The data ::

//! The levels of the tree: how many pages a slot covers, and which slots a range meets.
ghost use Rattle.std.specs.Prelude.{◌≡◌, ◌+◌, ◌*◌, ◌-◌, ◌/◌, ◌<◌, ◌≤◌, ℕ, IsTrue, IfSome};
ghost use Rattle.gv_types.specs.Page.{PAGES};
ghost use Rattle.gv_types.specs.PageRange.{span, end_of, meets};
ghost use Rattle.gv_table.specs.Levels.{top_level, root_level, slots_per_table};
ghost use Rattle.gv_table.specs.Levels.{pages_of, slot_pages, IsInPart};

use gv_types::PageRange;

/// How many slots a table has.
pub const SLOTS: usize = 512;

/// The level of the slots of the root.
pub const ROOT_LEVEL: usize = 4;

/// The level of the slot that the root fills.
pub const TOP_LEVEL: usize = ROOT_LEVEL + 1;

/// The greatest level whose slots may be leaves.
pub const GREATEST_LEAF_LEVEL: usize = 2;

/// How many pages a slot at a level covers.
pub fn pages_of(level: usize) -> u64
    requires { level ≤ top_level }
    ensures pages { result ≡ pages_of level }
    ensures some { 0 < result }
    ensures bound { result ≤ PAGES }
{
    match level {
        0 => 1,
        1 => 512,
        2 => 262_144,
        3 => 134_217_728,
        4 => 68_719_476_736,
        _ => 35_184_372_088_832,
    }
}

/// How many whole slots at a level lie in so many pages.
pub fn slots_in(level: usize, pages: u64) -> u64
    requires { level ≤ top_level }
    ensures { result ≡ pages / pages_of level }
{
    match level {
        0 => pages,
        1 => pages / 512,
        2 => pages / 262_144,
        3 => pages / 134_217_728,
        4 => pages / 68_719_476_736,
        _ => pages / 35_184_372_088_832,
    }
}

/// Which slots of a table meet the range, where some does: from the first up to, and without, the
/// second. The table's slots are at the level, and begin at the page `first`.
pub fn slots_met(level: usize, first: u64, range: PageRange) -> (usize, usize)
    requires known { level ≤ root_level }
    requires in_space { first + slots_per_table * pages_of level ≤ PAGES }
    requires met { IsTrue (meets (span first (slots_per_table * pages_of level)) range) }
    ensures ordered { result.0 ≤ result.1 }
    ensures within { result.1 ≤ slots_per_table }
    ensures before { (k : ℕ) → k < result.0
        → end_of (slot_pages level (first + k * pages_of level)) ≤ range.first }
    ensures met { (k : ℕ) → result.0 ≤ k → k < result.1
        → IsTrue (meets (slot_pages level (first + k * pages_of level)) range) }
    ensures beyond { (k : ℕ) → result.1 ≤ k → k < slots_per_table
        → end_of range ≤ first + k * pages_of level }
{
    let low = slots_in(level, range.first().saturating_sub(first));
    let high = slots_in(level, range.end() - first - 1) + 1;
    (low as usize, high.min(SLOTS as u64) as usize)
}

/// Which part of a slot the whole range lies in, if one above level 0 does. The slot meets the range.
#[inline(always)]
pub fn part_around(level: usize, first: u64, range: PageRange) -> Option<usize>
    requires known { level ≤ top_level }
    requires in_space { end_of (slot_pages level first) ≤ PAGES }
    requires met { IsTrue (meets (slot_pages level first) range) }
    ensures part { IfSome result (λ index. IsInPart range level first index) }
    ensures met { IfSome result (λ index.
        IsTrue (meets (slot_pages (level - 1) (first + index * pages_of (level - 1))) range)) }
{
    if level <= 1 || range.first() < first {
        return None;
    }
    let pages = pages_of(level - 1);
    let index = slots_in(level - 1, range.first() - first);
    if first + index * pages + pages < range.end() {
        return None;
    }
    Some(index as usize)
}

Directions :: All lines from the first line of the listing above through the line containing "the root fills." are to be retyped exactly. Leave out any other line.

Response for this exercise ::
//! The levels of the tree: how many pages a slot covers, and which slots a range meets.
ghost use Rattle.std.specs.Prelude.{◌≡◌, ◌+◌, ◌*◌, ◌-◌, ◌/◌, ◌<◌, ◌≤◌, ℕ, IsTrue, IfSome};
ghost use Rattle.gv_types.specs.Page.{PAGES};
ghost use Rattle.gv_types.specs.PageRange.{span, end_of, meets};
ghost use Rattle.gv_table.specs.Levels.{top_level, root_level, slots_per_table};
ghost use Rattle.gv_table.specs.Levels.{pages_of, slot_pages, IsInPart};

use gv_types::PageRange;

/// How many slots a table has.
pub const SLOTS: usize = 512;

/// The level of the slots of the root.
pub const ROOT_LEVEL: usize = 4;

/// The level of the slot that the root fills.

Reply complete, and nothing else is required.